▶ _Your instructions_: Each of the records below must be reproduced verbatim.

Collected data entries
+++
// Delivery: which event is ready, what it raises, and the frontier.
ghost use Rattle.std.specs.Prelude.{◌≡◌, ℕ, ◌≤◌, List, [], length, leb};
ghost use Rattle.clock.specs.declared.causal_frontier.CausalFrontier.{CausalFrontier};
ghost use Rattle.tcsb.specs.Replica.{entry_ready, ready_by, next_call, deliver_call, stable_call};
ghost use Rattle.tcsb.specs.Tcsb.{Does};
ghost use Rattle.tcsb.specs.Delivery.{FirstReady, DeliversAt};

use crate::tcsb::{INBOX, OUTBOX, Tcsb};
use clock::causal_frontier::CausalFrontier;
use clock::id::EventId;
use clock::version_vector::{MEMBERS, Row, Version};
use refusal::Refusal;
use store::event::{Event, load};
use store::order::{SLOTS, Slots};

// Whether an entry is ours plus one at the origin, at most ours elsewhere.
// kept: the bool is no switch on a step: document 01 asks another thing of the origin's entry than of the others, and `entry_ready` says both in this form
fn is_entry_ready(ours: u32, entry: u32, origin: bool) -> bool
    ensures { result ≡ entry_ready ours entry origin }
{
    if origin {
        ours < entry && entry - ours == 1
    } else {
        entry <= ours
    }
}

// An event is ready when its origin entry is ours plus one and each other entry is at most ours.
pub(crate) fn is_causally_ready(row: Row, members: usize, event: &Event) -> bool
    ensures { members ≤ 16 → result ≡ ready_by members row.entries event.now }
{
    (0..members.min(MEMBERS)).all(|j| {
        is_entry_ready(
            row.entries[j],
            event.version.entries[j],
            j == event.origin.0,
        )
    })
}

// The first event of an order that is ready: its position.
pub(crate) fn first_ready(order: &Slots, words: &[u32], row: Row, members: usize) -> Option<usize>
    ensures { FirstReady words.now order.now row members result }
{
    order.meant().iter().position(|&slot| is_causally_ready(row, members, &load(words, slot)))
}

impl Tcsb {
    // The event at a position leaves the inbox and joins our row. The origin's row takes every larger entry, and those columns replace the list
    // of raised columns.
    pub(crate) fn deliver_at(
        &mut self,
        inbox: &[u32],
        position: usize,
    ) -> Result<Option<Event>, Refusal>
        ensures { DeliversAt inbox.now self.old position self.new result }
    {
        if SLOTS <= position {
            return Ok(None);
        }
        let event = load(inbox, self.inbox.order.at[position]);
        let own = self.matrix.origin;
        let joined = self
            .matrix
            .row(own)
            .join(event.version, self.matrix.members);
        let version = Version {
            members: self.matrix.members,
            origin: event.origin,
            row: event.version,
        };
        let mut matrix = self.matrix;
        matrix.put_row(own, joined);
        self.raised = matrix.set_by_idx_incremental(event.origin, &version)?;
        self.matrix = matrix;
        let _ = self.inbox.remove(position);
        Ok(Some(event))
    }

    // Delivers the next ready event: of the ready, the lowest origin place goes first.
    pub fn next_causally_ready(&mut self, inbox: &[u32]) -> Result<Option<Event>, Refusal>
        ensures { (list q : List ℕ) → Does list inbox.now inbox.now q q (leb 1728 (length inbox.now)) self.old self.new result next_call }
    {
        if inbox.len() < INBOX {
            return Err(Refusal::OutOfRange);
        }
        let row = self.matrix.row(self.matrix.origin);
        match first_ready(&self.inbox.order, inbox, row, self.matrix.members) {
            None => Ok(None),
            Some(position) => self.deliver_at(inbox, position),
        }
    }

    // Delivers a named event, if it is ready and waiting.
    pub fn deliver(&mut self, inbox: &[u32], id: EventId) -> Result<Option<Event>, Refusal>
        ensures { (list q : List ℕ) → Does list inbox.now inbox.now q q (leb 1728 (length inbox.now)) self.old self.new result (λ st. deliver_call st id.idx.0 id.seq) }
    {
        if inbox.len() < INBOX {
            return Err(Refusal::OutOfRange);
        }
        let Ok(position) = self.inbox.find(inbox, id) else {
            return Ok(None);
        };
        let row = self.matrix.row(self.matrix.origin);
        let members = self.matrix.members;
        if SLOTS <= position
            || !is_causally_ready(row, members, &load(inbox, self.inbox.order.at[position]))
        {
            return Ok(None);
        }
        self.deliver_at(inbox, position)
    }

    // For each listed column: if a row holds exactly the frontier's entry it stays, else it becomes the least of the column. If anything moved,
    // events at or below it leave the outbox, and the frontier is answered; else none.
    pub fn is_stable(&mut self, outbox: &[u32]) -> Result<Option<CausalFrontier>, Refusal>
        ensures does { (list p : List ℕ) → Does list p p outbox.now outbox.now (leb 6912 (length outbox.now)) self.old self.new result stable_call }
        ensures stands { (f : CausalFrontier) → result ≡ Ok (Some f) → self.new.frontier ≡ f }
    {
        if outbox.len() < OUTBOX {
            return Err(Refusal::OutOfRange);
        }
        let frontier = self
            .matrix
            .column_wise_min_incremental(&self.frontier, self.raised)?;
        if frontier.row.eq(self.frontier.row, self.matrix.members) {
            return Ok(None);
        }
        let _ = self.outbox.prune(outbox, frontier.row);
        self.frontier = frontier;
        Ok(Some(frontier))
    }
}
+++
▶ _Response below_:
// Delivery: which event is ready, what it raises, and the frontier.
ghost use Rattle.std.specs.Prelude.{◌≡◌, ℕ, ◌≤◌, List, [], length, leb};
ghost use Rattle.clock.specs.declared.causal_frontier.CausalFrontier.{CausalFrontier};
ghost use Rattle.tcsb.specs.Replica.{entry_ready, ready_by, next_call, deliver_call, stable_call};
ghost use Rattle.tcsb.specs.Tcsb.{Does};
ghost use Rattle.tcsb.specs.Delivery.{FirstReady, DeliversAt};

use crate::tcsb::{INBOX, OUTBOX, Tcsb};
use clock::causal_frontier::CausalFrontier;
use clock::id::EventId;
use clock::version_vector::{MEMBERS, Row, Version};
use refusal::Refusal;
use store::event::{Event, load};
use store::order::{SLOTS, Slots};

// Whether an entry is ours plus one at the origin, at most ours elsewhere.
// kept: the bool is no switch on a step: document 01 asks another thing of the origin's entry than of the others, and `entry_ready` says both in this form
fn is_entry_ready(ours: u32, entry: u32, origin: bool) -> bool
    ensures { result ≡ entry_ready ours entry origin }
{
    if origin {
        ours < entry && entry - ours == 1
    } else {
        entry <= ours
    }
}

// An event is ready when its origin entry is ours plus one and each other entry is at most ours.
pub(crate) fn is_causally_ready(row: Row, members: usize, event: &Event) -> bool
    ensures { members ≤ 16 → result ≡ ready_by members row.entries event.now }
{
    (0..members.min(MEMBERS)).all(|j| {
        is_entry_ready(
            row.entries[j],
            event.version.entries[j],
            j == event.origin.0,
        )
    })
}

// The first event of an order that is ready: its position.
pub(crate) fn first_ready(order: &Slots, words: &[u32], row: Row, members: usize) -> Option<usize>
    ensures { FirstReady words.now order.now row members result }
{
    order.meant().iter().position(|&slot| is_causally_ready(row, members, &load(words, slot)))
}

impl Tcsb {
    // The event at a position leaves the inbox and joins our row. The origin's row takes every larger entry, and those columns replace the list
    // of raised columns.
    pub(crate) fn deliver_at(
        &mut self,
        inbox: &[u32],
        position: usize,
    ) -> Result<Option<Event>, Refusal>
        ensures { DeliversAt inbox.now self.old position self.new result }
    {
        if SLOTS <= position {
            return Ok(None);
        }
        let event = load(inbox, self.inbox.order.at[position]);
        let own = self.matrix.origin;
        let joined = self
            .matrix
            .row(own)
            .join(event.version, self.matrix.members);
        let version = Version {
            members: self.matrix.members,
            origin: event.origin,
            row: event.version,
        };
        let mut matrix = self.matrix;
        matrix.put_row(own, joined);
        self.raised = matrix.set_by_idx_incremental(event.origin, &version)?;
        self.matrix = matrix;
        let _ = self.inbox.remove(position);
        Ok(Some(event))
    }

    // Delivers the next ready event: of the ready, the lowest origin place goes first.
    pub fn next_causally_ready(&mut self, inbox: &[u32]) -> Result<Option<Event>, Refusal>
        ensures { (list q : List ℕ) → Does list inbox.now inbox.now q q (leb 1728 (length inbox.now)) self.old self.new result next_call }
    {
        if inbox.len() < INBOX {
            return Err(Refusal::OutOfRange);
        }
        let row = self.matrix.row(self.matrix.origin);
        match first_ready(&self.inbox.order, inbox, row, self.matrix.members) {
            None => Ok(None),
            Some(position) => self.deliver_at(inbox, position),
        }
    }

    // Delivers a named event, if it is ready and waiting.
    pub fn deliver(&mut self, inbox: &[u32], id: EventId) -> Result<Option<Event>, Refusal>
        ensures { (list q : List ℕ) → Does list inbox.now inbox.now q q (leb 1728 (length inbox.now)) self.old self.new result (λ st. deliver_call st id.idx.0 id.seq) }
    {
        if inbox.len() < INBOX {
            return Err(Refusal::OutOfRange);
        }
        let Ok(position) = self.inbox.find(inbox, id) else {
            return Ok(None);
        };
        let row = self.matrix.row(self.matrix.origin);
        let members = self.matrix.members;
        if SLOTS <= position
            || !is_causally_ready(row, members, &load(inbox, self.inbox.order.at[position]))
        {
            return Ok(None);
        }
        self.deliver_at(inbox, position)
    }

    // For each listed column: if a row holds exactly the frontier's entry it stays, else it becomes the least of the column. If anything moved,
    // events at or below it leave the outbox, and the frontier is answered; else none.
    pub fn is_stable(&mut self, outbox: &[u32]) -> Result<Option<CausalFrontier>, Refusal>
        ensures does { (list p : List ℕ) → Does list p p outbox.now outbox.now (leb 6912 (length outbox.now)) self.old self.new result stable_call }
        ensures stands { (f : CausalFrontier) → result ≡ Ok (Some f) → self.new.frontier ≡ f }
    {
        if outbox.len() < OUTBOX {
            return Err(Refusal::OutOfRange);
        }
        let frontier = self
            .matrix
            .column_wise_min_incremental(&self.frontier, self.raised)?;
        if frontier.row.eq(self.frontier.row, self.matrix.members) {
            return Ok(None);
        }
        let _ = self.outbox.prune(outbox, frontier.row);
        self.frontier = frontier;
        Ok(Some(frontier))
    }
}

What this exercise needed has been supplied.